- Saved entries
-- Opening Marker --

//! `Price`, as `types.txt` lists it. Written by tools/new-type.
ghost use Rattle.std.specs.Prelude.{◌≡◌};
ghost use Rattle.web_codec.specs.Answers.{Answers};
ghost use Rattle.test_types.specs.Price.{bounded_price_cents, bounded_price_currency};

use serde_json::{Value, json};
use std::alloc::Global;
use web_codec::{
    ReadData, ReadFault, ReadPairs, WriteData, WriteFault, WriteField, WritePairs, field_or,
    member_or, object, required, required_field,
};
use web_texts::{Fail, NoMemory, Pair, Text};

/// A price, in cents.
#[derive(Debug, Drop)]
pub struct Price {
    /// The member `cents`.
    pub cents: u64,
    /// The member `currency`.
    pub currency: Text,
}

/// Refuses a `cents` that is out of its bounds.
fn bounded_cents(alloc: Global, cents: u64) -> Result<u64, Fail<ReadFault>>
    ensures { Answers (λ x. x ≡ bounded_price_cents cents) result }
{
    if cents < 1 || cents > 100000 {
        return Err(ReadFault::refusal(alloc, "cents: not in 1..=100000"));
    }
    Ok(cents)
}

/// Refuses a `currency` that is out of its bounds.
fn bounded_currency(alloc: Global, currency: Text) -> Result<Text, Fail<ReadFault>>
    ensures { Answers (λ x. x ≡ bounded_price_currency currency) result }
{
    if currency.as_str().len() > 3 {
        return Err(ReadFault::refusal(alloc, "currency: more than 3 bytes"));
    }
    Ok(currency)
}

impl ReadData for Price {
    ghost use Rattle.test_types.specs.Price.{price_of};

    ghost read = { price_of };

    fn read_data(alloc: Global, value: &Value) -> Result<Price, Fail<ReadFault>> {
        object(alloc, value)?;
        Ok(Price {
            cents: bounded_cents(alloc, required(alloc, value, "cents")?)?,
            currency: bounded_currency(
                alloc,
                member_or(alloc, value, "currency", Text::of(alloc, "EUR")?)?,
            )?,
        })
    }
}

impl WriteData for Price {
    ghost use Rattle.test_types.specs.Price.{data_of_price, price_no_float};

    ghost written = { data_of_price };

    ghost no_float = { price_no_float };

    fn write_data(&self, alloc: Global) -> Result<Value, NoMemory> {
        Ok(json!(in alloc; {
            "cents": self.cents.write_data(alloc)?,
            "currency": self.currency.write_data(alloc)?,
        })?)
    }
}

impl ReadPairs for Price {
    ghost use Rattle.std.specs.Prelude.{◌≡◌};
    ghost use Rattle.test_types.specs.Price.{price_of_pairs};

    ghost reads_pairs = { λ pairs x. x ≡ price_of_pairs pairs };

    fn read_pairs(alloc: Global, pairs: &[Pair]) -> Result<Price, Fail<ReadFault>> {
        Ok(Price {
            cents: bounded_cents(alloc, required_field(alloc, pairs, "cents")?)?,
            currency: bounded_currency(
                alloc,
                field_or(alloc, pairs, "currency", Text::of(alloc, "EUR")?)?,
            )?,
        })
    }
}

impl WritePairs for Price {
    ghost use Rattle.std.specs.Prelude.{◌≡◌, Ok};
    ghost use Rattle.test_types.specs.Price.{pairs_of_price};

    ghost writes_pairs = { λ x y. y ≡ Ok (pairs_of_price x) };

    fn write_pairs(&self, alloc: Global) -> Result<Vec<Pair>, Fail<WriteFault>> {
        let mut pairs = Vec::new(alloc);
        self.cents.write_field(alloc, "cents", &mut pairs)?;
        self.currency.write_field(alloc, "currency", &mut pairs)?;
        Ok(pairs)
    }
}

-- Closing Marker --

- What is needed
Reproduce the data in full, exactly.

- Final answer
//! `Price`, as `types.txt` lists it. Written by tools/new-type.
ghost use Rattle.std.specs.Prelude.{◌≡◌};
ghost use Rattle.web_codec.specs.Answers.{Answers};
ghost use Rattle.test_types.specs.Price.{bounded_price_cents, bounded_price_currency};

use serde_json::{Value, json};
use std::alloc::Global;
use web_codec::{
    ReadData, ReadFault, ReadPairs, WriteData, WriteFault, WriteField, WritePairs, field_or,
    member_or, object, required, required_field,
};
use web_texts::{Fail, NoMemory, Pair, Text};

/// A price, in cents.
#[derive(Debug, Drop)]
pub struct Price {
    /// The member `cents`.
    pub cents: u64,
    /// The member `currency`.
    pub currency: Text,
}

/// Refuses a `cents` that is out of its bounds.
fn bounded_cents(alloc: Global, cents: u64) -> Result<u64, Fail<ReadFault>>
    ensures { Answers (λ x. x ≡ bounded_price_cents cents) result }
{
    if cents < 1 || cents > 100000 {
        return Err(ReadFault::refusal(alloc, "cents: not in 1..=100000"));
    }
    Ok(cents)
}

/// Refuses a `currency` that is out of its bounds.
fn bounded_currency(alloc: Global, currency: Text) -> Result<Text, Fail<ReadFault>>
    ensures { Answers (λ x. x ≡ bounded_price_currency currency) result }
{
    if currency.as_str().len() > 3 {
        return Err(ReadFault::refusal(alloc, "currency: more than 3 bytes"));
    }
    Ok(currency)
}

impl ReadData for Price {
    ghost use Rattle.test_types.specs.Price.{price_of};

    ghost read = { price_of };

    fn read_data(alloc: Global, value: &Value) -> Result<Price, Fail<ReadFault>> {
        object(alloc, value)?;
        Ok(Price {
            cents: bounded_cents(alloc, required(alloc, value, "cents")?)?,
            currency: bounded_currency(
                alloc,
                member_or(alloc, value, "currency", Text::of(alloc, "EUR")?)?,
            )?,
        })
    }
}

impl WriteData for Price {
    ghost use Rattle.test_types.specs.Price.{data_of_price, price_no_float};

    ghost written = { data_of_price };

    ghost no_float = { price_no_float };

    fn write_data(&self, alloc: Global) -> Result<Value, NoMemory> {
        Ok(json!(in alloc; {
            "cents": self.cents.write_data(alloc)?,
            "currency": self.currency.write_data(alloc)?,
        })?)
    }
}

impl ReadPairs for Price {
    ghost use Rattle.std.specs.Prelude.{◌≡◌};
    ghost use Rattle.test_types.specs.Price.{price_of_pairs};

    ghost reads_pairs = { λ pairs x. x ≡ price_of_pairs pairs };

    fn read_pairs(alloc: Global, pairs: &[Pair]) -> Result<Price, Fail<ReadFault>> {
        Ok(Price {
            cents: bounded_cents(alloc, required_field(alloc, pairs, "cents")?)?,
            currency: bounded_currency(
                alloc,
                field_or(alloc, pairs, "currency", Text::of(alloc, "EUR")?)?,
            )?,
        })
    }
}

impl WritePairs for Price {
    ghost use Rattle.std.specs.Prelude.{◌≡◌, Ok};
    ghost use Rattle.test_types.specs.Price.{pairs_of_price};

    ghost writes_pairs = { λ x y. y ≡ Ok (pairs_of_price x) };

    fn write_pairs(&self, alloc: Global) -> Result<Vec<Pair>, Fail<WriteFault>> {
        let mut pairs = Vec::new(alloc);
        self.cents.write_field(alloc, "cents", &mut pairs)?;
        self.currency.write_field(alloc, "currency", &mut pairs)?;
        Ok(pairs)
    }
}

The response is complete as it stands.